The Diagnosis That Will Save Millions Of Lives From Breast Cancer (Medicine)

Detection of changes in lung tissue, indicating possible development of cancerous metastases, will allow diagnosis and preventive treatment

A new study from Tel Aviv University has revealed changes in healthy lung tissue, which are a preliminary sign of the possible development of cancer cell metastases. The changes were detected in an area known as the ‘microenvironment’ of the tumor, and found in connective tissue cells called fibroblasts. According to the researchers, understanding the metastatic process and diagnosing it at such an early stage may lead to life-saving preventive treatment.

Decipher the ‘black box’ of breast cancer

The study was led by Prof. Neta Erez, Head of the Department of Pathology at the Sackler Faculty of Medicine , along with a team of researchers in her laboratory, Dr. Ofir Shani and Dr. Yael Raz, as well as other researchers from Tel Aviv University, Tel Aviv Medical Center (Ichilov) , From the Sheba Medical Center and the Weizmann Institute The article was published in the journal eLife .

According to the researchers, in many cancers, including breast cancer, patients do not necessarily die from the primary tumor. The deadly cause, in the end, is the metastases, which reach vital organs and thrive there. Even in a patient who has undergone all the proposed treatments, including surgery to remove the primary tumor, followed by chemotherapy treatments and radiation designed to eliminate its remnants, metastases may appear several years later. In the follow-up methods used today, the metastases are detected when the disease is in an advanced stage, and medicine has no effective solutions.
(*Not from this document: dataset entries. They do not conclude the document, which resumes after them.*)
//! Keys: reading, refusing, writing, both, and documents.
use crate::length_and_last;
use sec1::der::{ErrorKind, ID_EC_PUBLIC_KEY, SecretDocument};
use sec1::point::EncodedPoint32;
use sec1::{EcParameters, EcPrivateKey, Error};
use std::alloc::Global;

/// Reads a key. Returns the lengths of its parts and their last bytes, added up, or the number of
/// the refusal.
#[unsafe(no_mangle)]
pub extern "C" fn bench_key_read(input: &[u8]) -> usize {
    match EcPrivateKey::try_from(input) {
        Ok(key) => parts_sum(&key),
        Err(error) => refusal(&error),
    }
}

/// Reads a key and its point. Returns the length of the point and its last byte, added up.
#[unsafe(no_mangle)]
pub extern "C" fn bench_key_point(input: &[u8]) -> usize {
    match EcPrivateKey::try_from(input) {
        Ok(key) => point_sum(&key),
        Err(_) => 0,
    }
}

/// The length of the key's point and its last byte, added up.
pub fn point_sum(key: &EcPrivateKey) -> usize {
    match key.public_key {
        Some(bytes) => match EncodedPoint32::from_bytes(bytes) {
            Ok(point) => length_and_last(point.as_bytes()),
            Err(_) => 0,
        },
        None => 0,
    }
}

/// The number of a refusal.
fn refusal(error: &Error) -> usize {
    match error {
        Error::Asn1(cause) => match cause.kind {
            ErrorKind::Truncated => 1,
            ErrorKind::Tag => 2,
            ErrorKind::Length => 3,
            ErrorKind::TrailingData => 4,
            ErrorKind::Value => 5,
            _ => 6,
        },
        _ => 7,
    }
}

/// The lengths of the key's parts and their last bytes, added up.
fn parts_sum(key: &EcPrivateKey) -> usize {
    let curve = match &key.parameters {
        Some(EcParameters::NamedCurve(curve)) => length_and_last(curve.as_bytes()),
        None => 0,
    };
    let public_key = match key.public_key {
        Some(bytes) => length_and_last(bytes),
        None => 0,
    };
    let private_key = length_and_last(key.private_key);
    private_key.wrapping_add(curve).wrapping_add(public_key)
}

/// Writes a key, as a call that isn't inlined does. Returns the length of its encoding.
#[inline(never)]
fn write(key: &EcPrivateKey, out: &mut [u8]) -> usize {
    key.encode_to_slice(out).unwrap_or(0)
}

/// Writes a key into the slice by a call that isn't inlined. Returns the length of its encoding.
#[unsafe(no_mangle)]
pub extern "C" fn bench_key_write(private_key: &[u8], public_key: &[u8], out: &mut [u8]) -> usize {
    let key = EcPrivateKey {
        private_key,
        parameters: Some(EcParameters::NamedCurve(ID_EC_PUBLIC_KEY)),
        public_key: Some(public_key),
    };
    write(&key, out)
}

/// Writes a key without a curve and a public key by a call that isn't inlined. Returns the length
/// of its encoding.
#[unsafe(no_mangle)]
pub extern "C" fn bench_key_write_bare(private_key: &[u8], out: &mut [u8]) -> usize {
    let key = EcPrivateKey {
        private_key,
        parameters: None,
        public_key: None,
    };
    write(&key, out)
}

/// Writes a key as [`bench_key_write`] does, by a call that may be inlined.
#[unsafe(no_mangle)]
pub extern "C" fn bench_key_write_inline(
    private_key: &[u8],
    public_key: &[u8],
    out: &mut [u8],
) -> usize {
    let key = EcPrivateKey {
        private_key,
        parameters: Some(EcParameters::NamedCurve(ID_EC_PUBLIC_KEY)),
        public_key: Some(public_key),
    };
    key.encode_to_slice(out).unwrap_or(0)
}

/// Writes a key as [`bench_key_write_bare`] does, by a call that may be inlined.
#[unsafe(no_mangle)]
pub extern "C" fn bench_key_write_bare_inline(private_key: &[u8], out: &mut [u8]) -> usize {
    let key = EcPrivateKey {
        private_key,
        parameters: None,
        public_key: None,
    };
    key.encode_to_slice(out).unwrap_or(0)
}

/// Reads a key and writes it into the slice. Returns the length of its encoding.
#[unsafe(no_mangle)]
pub extern "C" fn bench_key_rewrite(input: &[u8], out: &mut [u8]) -> usize {
    match EcPrivateKey::try_from(input) {
        Ok(key) => key.encode_to_slice(out).unwrap_or(0),
        Err(_) => 0,
    }
}

/// Makes the document of a key. Returns its length.
#[unsafe(no_mangle)]
pub extern "C" fn bench_key_document(
    alloc: Global,
    private_key: &[u8],
    public_key: &[u8],
) -> usize {
    let key = EcPrivateKey {
        private_key,
        parameters: Some(EcParameters::NamedCurve(ID_EC_PUBLIC_KEY)),
        public_key: Some(public_key),
    };
    match key.document(alloc) {
        Ok(document) => document.len(),
        Err(_) => 0,
    }
}

/// Makes a document of these bytes. Returns its length.
#[unsafe(no_mangle)]
pub extern "C" fn bench_document_copy(alloc: Global, input: &[u8]) -> usize {
    match SecretDocument::from_der(alloc, input) {
        Ok(document) => document.len(),
        Err(_) => 0,
    }
}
For this reason, Prof. Erez’s group is researching the ‘black box’ – the same period of time between the apparent recovery and the appearance of the metastases, in order to understand the metastatic process and identify it already in the initial stages. The group’s research in recent years has shown that the target tissues in the organs to which the metastases are destined to reach ‘prepare the area’ for their absorption, and create a ‘friendly environment’ for them long before the metastases themselves appear. In the present study, the team looked for signs of these changes, which may be used in the future to identify the process at an early stage. They focused on connective tissue cells (fiber cells), called fibroblasts and found in, among other things, health.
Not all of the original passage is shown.